What to produce: Write out the following listing's lines from the one with "the engine sets." to the one with "match Text::of(alloc, name.key())", exactly, with both included and no others.
········
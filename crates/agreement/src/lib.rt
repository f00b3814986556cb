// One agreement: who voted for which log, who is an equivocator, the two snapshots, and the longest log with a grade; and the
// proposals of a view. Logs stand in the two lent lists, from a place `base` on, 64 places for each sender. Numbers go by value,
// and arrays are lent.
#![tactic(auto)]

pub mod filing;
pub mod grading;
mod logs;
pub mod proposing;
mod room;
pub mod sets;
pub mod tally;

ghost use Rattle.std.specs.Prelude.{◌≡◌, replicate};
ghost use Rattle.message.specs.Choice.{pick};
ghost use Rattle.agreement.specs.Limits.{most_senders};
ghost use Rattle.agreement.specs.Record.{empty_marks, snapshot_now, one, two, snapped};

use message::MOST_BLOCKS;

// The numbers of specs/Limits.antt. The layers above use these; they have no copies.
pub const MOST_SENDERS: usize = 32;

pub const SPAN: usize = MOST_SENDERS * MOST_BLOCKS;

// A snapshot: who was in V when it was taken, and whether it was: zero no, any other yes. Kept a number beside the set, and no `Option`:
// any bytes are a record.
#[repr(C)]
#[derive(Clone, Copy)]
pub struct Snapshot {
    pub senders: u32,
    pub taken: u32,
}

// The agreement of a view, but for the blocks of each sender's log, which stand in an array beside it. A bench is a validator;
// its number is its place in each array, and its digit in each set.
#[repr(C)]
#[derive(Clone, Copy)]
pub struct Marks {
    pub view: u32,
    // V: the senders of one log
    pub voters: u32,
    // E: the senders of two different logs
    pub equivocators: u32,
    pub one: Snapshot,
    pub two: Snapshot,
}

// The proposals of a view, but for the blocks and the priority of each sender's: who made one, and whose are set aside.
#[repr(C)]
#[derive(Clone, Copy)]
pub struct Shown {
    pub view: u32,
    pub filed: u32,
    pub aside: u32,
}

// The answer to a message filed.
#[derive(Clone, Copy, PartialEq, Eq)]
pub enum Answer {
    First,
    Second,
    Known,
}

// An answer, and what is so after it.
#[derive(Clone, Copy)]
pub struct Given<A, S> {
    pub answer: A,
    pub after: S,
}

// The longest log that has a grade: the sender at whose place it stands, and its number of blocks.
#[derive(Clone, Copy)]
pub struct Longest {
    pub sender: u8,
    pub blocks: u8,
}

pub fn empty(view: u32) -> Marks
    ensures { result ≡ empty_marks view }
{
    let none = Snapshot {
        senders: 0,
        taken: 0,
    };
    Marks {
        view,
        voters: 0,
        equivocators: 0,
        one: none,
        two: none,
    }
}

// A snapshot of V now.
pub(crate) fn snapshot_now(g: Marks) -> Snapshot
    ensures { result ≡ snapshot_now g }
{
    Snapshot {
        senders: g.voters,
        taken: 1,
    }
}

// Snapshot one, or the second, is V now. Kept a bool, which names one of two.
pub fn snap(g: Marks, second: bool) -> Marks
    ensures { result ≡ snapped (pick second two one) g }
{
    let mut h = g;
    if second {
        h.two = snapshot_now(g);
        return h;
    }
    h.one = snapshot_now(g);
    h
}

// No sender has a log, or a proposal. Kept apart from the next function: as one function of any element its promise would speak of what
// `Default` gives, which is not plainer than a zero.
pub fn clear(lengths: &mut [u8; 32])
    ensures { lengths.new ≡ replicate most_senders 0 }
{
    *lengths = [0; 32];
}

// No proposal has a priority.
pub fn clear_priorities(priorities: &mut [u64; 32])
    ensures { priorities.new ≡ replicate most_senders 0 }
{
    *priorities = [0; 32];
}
········
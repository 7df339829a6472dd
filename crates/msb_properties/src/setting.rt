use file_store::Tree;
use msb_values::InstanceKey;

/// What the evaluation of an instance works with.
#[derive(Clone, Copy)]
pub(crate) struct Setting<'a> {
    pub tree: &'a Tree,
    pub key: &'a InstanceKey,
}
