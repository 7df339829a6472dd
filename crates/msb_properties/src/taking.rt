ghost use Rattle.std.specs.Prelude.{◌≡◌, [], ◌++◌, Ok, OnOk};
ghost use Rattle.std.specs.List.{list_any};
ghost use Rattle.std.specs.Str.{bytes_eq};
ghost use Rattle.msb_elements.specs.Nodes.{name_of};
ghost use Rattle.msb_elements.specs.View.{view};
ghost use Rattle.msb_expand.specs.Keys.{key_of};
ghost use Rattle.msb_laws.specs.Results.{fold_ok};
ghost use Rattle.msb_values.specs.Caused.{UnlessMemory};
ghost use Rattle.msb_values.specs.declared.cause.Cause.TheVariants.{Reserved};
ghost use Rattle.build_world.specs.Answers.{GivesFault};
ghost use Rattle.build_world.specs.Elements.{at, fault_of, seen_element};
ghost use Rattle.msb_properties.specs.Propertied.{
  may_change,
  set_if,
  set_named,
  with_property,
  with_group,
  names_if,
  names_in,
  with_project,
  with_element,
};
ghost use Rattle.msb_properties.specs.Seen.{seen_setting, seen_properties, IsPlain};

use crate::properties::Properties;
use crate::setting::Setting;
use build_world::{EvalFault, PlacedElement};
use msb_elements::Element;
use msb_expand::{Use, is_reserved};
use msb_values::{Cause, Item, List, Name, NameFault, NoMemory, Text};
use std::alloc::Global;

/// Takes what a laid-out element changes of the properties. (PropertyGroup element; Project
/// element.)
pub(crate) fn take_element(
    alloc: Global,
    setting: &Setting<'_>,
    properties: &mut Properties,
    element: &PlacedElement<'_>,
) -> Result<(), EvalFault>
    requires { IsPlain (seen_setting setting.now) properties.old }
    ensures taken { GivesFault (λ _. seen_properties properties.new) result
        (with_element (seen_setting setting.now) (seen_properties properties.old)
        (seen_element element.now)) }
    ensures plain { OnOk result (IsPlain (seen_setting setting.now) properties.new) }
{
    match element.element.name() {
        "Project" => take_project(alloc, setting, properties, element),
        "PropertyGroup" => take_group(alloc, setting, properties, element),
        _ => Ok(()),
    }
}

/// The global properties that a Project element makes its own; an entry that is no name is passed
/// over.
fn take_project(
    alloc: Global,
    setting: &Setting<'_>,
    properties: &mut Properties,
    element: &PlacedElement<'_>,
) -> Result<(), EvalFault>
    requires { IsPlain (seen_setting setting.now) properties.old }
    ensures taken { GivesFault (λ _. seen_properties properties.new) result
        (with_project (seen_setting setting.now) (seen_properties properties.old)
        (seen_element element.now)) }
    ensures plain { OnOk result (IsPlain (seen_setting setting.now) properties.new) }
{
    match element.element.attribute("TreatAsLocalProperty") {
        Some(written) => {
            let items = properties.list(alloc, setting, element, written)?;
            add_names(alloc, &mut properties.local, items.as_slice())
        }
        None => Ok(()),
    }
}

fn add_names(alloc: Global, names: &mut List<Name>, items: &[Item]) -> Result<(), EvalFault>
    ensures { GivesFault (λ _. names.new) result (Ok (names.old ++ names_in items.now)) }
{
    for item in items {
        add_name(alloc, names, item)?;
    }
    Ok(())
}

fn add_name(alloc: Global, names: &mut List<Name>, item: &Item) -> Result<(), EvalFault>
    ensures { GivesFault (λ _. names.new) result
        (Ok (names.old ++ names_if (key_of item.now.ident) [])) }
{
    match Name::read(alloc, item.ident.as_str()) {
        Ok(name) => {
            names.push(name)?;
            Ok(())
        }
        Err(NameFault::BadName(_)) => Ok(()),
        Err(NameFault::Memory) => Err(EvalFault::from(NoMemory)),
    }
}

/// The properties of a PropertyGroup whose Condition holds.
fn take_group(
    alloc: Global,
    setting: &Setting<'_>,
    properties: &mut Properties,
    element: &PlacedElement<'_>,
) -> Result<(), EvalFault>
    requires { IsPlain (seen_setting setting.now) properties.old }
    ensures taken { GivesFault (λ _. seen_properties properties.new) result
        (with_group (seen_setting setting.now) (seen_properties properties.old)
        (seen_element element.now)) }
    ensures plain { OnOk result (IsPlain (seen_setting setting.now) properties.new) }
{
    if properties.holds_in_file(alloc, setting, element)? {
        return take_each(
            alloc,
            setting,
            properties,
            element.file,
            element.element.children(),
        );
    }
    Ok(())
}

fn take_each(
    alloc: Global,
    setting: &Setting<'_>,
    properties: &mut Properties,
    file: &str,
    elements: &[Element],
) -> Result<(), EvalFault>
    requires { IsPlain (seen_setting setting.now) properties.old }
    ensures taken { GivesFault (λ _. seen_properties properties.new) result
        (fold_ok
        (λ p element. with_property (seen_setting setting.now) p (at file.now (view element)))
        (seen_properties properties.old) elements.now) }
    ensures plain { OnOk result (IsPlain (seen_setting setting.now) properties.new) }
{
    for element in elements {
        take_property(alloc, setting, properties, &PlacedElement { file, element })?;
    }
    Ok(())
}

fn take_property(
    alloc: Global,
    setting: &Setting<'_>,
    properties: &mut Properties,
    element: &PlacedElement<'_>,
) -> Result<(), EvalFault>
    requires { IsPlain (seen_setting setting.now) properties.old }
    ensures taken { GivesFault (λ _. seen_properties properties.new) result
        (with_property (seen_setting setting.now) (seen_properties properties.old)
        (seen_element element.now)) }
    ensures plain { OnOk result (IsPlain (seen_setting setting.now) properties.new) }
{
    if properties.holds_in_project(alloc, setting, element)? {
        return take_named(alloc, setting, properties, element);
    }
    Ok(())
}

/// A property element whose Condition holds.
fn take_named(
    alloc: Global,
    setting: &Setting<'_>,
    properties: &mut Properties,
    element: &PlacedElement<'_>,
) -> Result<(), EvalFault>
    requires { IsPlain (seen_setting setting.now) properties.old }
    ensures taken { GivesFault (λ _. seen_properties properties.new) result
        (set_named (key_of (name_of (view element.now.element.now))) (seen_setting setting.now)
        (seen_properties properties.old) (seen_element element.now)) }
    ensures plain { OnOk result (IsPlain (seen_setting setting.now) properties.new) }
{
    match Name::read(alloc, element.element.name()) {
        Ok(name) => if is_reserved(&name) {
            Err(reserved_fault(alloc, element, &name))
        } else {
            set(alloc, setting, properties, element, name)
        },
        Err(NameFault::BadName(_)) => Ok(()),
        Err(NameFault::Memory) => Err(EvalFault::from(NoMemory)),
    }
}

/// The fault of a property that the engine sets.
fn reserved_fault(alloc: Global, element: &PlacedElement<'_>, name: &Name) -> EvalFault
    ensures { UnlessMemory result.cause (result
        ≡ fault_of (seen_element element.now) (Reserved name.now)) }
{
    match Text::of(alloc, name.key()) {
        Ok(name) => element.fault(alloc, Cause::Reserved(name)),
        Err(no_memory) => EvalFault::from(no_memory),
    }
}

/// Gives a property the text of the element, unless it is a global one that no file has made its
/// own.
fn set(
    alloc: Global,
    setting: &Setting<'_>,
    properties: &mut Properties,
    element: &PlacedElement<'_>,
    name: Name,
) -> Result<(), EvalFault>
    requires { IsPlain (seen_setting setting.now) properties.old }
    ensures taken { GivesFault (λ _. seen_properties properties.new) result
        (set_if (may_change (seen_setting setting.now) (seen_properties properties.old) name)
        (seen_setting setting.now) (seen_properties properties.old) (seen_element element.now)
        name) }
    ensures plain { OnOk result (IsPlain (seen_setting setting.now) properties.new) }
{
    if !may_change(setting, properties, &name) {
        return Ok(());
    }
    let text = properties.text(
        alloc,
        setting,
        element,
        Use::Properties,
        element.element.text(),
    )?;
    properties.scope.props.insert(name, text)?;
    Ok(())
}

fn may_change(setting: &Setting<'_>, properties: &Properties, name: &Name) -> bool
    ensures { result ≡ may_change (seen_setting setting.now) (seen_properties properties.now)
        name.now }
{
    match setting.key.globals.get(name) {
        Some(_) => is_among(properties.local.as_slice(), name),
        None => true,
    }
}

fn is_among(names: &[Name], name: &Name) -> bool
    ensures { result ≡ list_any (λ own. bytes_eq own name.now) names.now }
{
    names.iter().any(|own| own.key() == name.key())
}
········
Exercise solution:
/// The fault of a property that the engine sets.
fn reserved_fault(alloc: Global, element: &PlacedElement<'_>, name: &Name) -> EvalFault
    ensures { UnlessMemory result.cause (result
        ≡ fault_of (seen_element element.now) (Reserved name.now)) }
{
    match Text::of(alloc, name.key()) {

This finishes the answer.